*** Records to process
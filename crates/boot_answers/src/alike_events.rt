//! The events that two boots have in common after the first in which they differ.

ghost use Rattle.std.specs.Prelude.{◌≡◌, ◌≤◌, ◌<◌, ◌*◌, ◌+◌, ◌↔◌, ℕ, List, length, IfOk, IsTrue, None, slice_index_or};
ghost use Rattle.boot_log.specs.declared.header.DeclaredAlgorithm.{DeclaredAlgorithm};
ghost use Rattle.boot_log.specs.Names.{IsLog, LogEvent, log_bytes};
ghost use Rattle.boot_answers.specs.CommonEvents.{IsLongestCommon, compared};
ghost use Rattle.boot_answers.specs.Differences.{AreOne};
ghost use Rattle.boot_answers.specs.parts.CommonLengths.{IsFilled, IsNext};

use crate::register_events::RegisterEvents;
use boot_log::LogView;
use pcr_banks::{Alg, Digest};
use std::alloc::{AllocError, Global};

/// How many events of each log [`common_events`] compares.
pub const MOST_COMPARED: usize = 256;

// The cells of a row: one for each number of events that may be left out of account, none and all among them.
const WIDTH: usize = 257;

const CELLS: usize = WIDTH * WIDTH;

/// Which events of two lists are a longest common subsequence of them.
#[derive(Drop)]
pub struct Common {
    /// For each event of the first list whether it is one; after the last mark there is none.
    pub now: Vec<bool>,
    /// For each event of the other list.
    pub before: Vec<bool>,
}

/// Which of the events that extend the register, after the first `place` of each log, the logs have in common: a longest common subsequence of
/// the next [`MOST_COMPARED`] of each, by their digests of the algorithm. An event without such a digest is like none.
///
/// Fails only if memory runs out.
pub fn common_events(
    alloc: Global,
    log: &LogView<'_>,
    other: &LogView<'_>,
    alg: Alg,
    register: u32,
    place: usize,
) -> Result<Common, AllocError>
    ensures { IfOk result (λ common. (table rows : List DeclaredAlgorithm) (events others : List LogEvent) → IsLog (log_bytes log.now) table events
        → IsLog (log_bytes other.now) rows others
        → IsLongestCommon (compared alg register place events) (compared alg register place others) common.now.items common.before.items) }
{
    let now = digests_from(alloc, log, alg, register, place)?;
    let before = digests_from(alloc, other, alg, register, place)?;
    let common = longest_common(alloc, &now, &before)?;
    Ok(common)
}

// The digests that are compared.
fn digests_from(
    alloc: Global,
    log: &LogView<'_>,
    alg: Alg,
    register: u32,
    place: usize,
) -> Result<Vec<Option<Digest>>, AllocError>
    ensures few { IfOk result (λ digests. length digests.items ≤ 256) }
    ensures are { IfOk result (λ digests. (table : List DeclaredAlgorithm) (events : List LogEvent) → IsLog (log_bytes log.now) table events
        → digests.items ≡ compared alg register place events) }
{
    let mut digests = Vec::new(alloc);
    let mut left = place;
    let mut events = RegisterEvents::new(log, register);
    while let Some(event) = events.next_event() {
        if left > 0 {
            left -= 1;
            continue;
        }
        if digests.len() == MOST_COMPARED {
            return Ok(digests);
        }
        digests.push(event.digests.get(alg))?;
    }
    Ok(digests)
}

// A longest common subsequence of the lists.
fn longest_common(
    alloc: Global,
    now: &[Option<Digest>],
    before: &[Option<Digest>],
) -> Result<Common, AllocError>
    requires now { length now.now ≤ 256 }
    requires before { length before.now ≤ 256 }
    ensures { IfOk result (λ common. IsLongestCommon now.now before.now common.now.items common.before.items) }
{
    let cells = lengths(alloc, now, before)?;
    marked(alloc, now, before, &cells)
}

// Whether the two are one digest.
fn are_one(first: Option<Digest>, other: Option<Digest>) -> bool
    ensures { IsTrue result ↔ AreOne first other }
{
    first.is_some() && first == other
}

// Where the cell stands for what is left of the lists after so many elements of each.
fn cell_at(first: usize, other: usize) -> usize
    requires first { first ≤ 256 }
    requires other { other ≤ 256 }
    ensures place { result ≡ first * 257 + other }
    ensures within { result < 66049 }
{
    first * WIDTH + other
}

// The length in the cell.
fn length_at(cells: &[u16], first: usize, other: usize) -> u16
    requires cells { length cells.now ≡ 66049 }
    requires first { first ≤ 256 }
    requires other { other ≤ 256 }
    ensures { result ≡ slice_index_or cells.now (first * 257 + other) 0 }
{
    cells[cell_at(first, other)]
}

// The digest at this place.
fn digest_at(digests: &[Option<Digest>], place: usize) -> Option<Digest>
    requires { place < length digests.now }
    ensures { result ≡ slice_index_or digests.now place None }
{
    digests[place]
}

// How long a longest common subsequence is: of lists that begin with one element or not, if it is as long without both first elements, and
// without the first of either.
fn length_of(is_one: bool, without_both: u16, without_first: u16, without_other: u16) -> u16
    requires { without_both < 256 }
    ensures { IsNext is_one without_both without_first without_other result }
{
    if is_one {
        without_both + 1
    } else if without_first < without_other {
        without_other
    } else {
        without_first
    }
}

// Writes the cells of one row, after which all later ones are written.
fn write_row(now: &[Option<Digest>], before: &[Option<Digest>], first: usize, cells: &mut Vec<u16>)
    requires before { length before.now ≤ 256 }
    requires now { length now.now ≤ 256 }
    requires row { first < length now.now }
    requires filled { IsFilled now.now before.now ((first + 1) * 257) cells.old.items }
    ensures { IsFilled now.now before.now (first * 257) cells.new.items }
{
    let mut other = before.len();
    while other > 0 {
        other -= 1;
        let is_one = are_one(digest_at(now, first), digest_at(before, other));
        let without_both = cells[cell_at(first + 1, other + 1)];
        let without_first = cells[cell_at(first + 1, other)];
        let without_other = cells[cell_at(first, other + 1)];
        cells[cell_at(first, other)] = length_of(
            is_one,
            without_both,
            without_first,
            without_other,
        );
    }
}

// For what is left of the lists after any elements of each the length of a longest common subsequence.
fn lengths(
    alloc: Global,
    now: &[Option<Digest>],
    before: &[Option<Digest>],
) -> Result<Vec<u16>, AllocError>
    requires now { length now.now ≤ 256 }
    requires before { length before.now ≤ 256 }
    ensures { IfOk result (λ cells. IsFilled now.now before.now 0 cells.items) }
{
    let mut cells = vec![in alloc; 0; CELLS]?;
    let mut first = now.len();
    while first > 0 {
        first -= 1;
        write_row(now, before, first, &mut cells);
    }
    Ok(cells)
}

// Marks the elements of a longest common subsequence.
fn marked(
    alloc: Global,
    now: &[Option<Digest>],
    before: &[Option<Digest>],
    cells: &[u16],
) -> Result<Common, AllocError>
    requires now { length now.now ≤ 256 }
    requires before { length before.now ≤ 256 }
    requires filled { IsFilled now.now before.now 0 cells.now }
    ensures { IfOk result (λ common. IsLongestCommon now.now before.now common.now.items common.before.items) }
{
    let mut common = Common {
        now: Vec::new(alloc),
        before: Vec::new(alloc),
    };
    while common.now.len() < now.len() && common.before.len() < before.len() {
        let (first, other) = (common.now.len(), common.before.len());
        let is_one = are_one(digest_at(now, first), digest_at(before, other));
        let without_first = length_at(cells, first + 1, other);
        let without_other = length_at(cells, first, other + 1);
        if is_one {
            common.now.push(true)?;
            common.before.push(true)?;
        } else if without_other <= without_first {
            common.now.push(false)?;
        } else {
            common.before.push(false)?;
        }
    }
    Ok(common)
}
******
What you are asked to do:
Each line that contains the string "RegisterEvents" should be copied from the data above.

Written reply:
use crate::register_events::RegisterEvents;
    let mut events = RegisterEvents::new(log, register);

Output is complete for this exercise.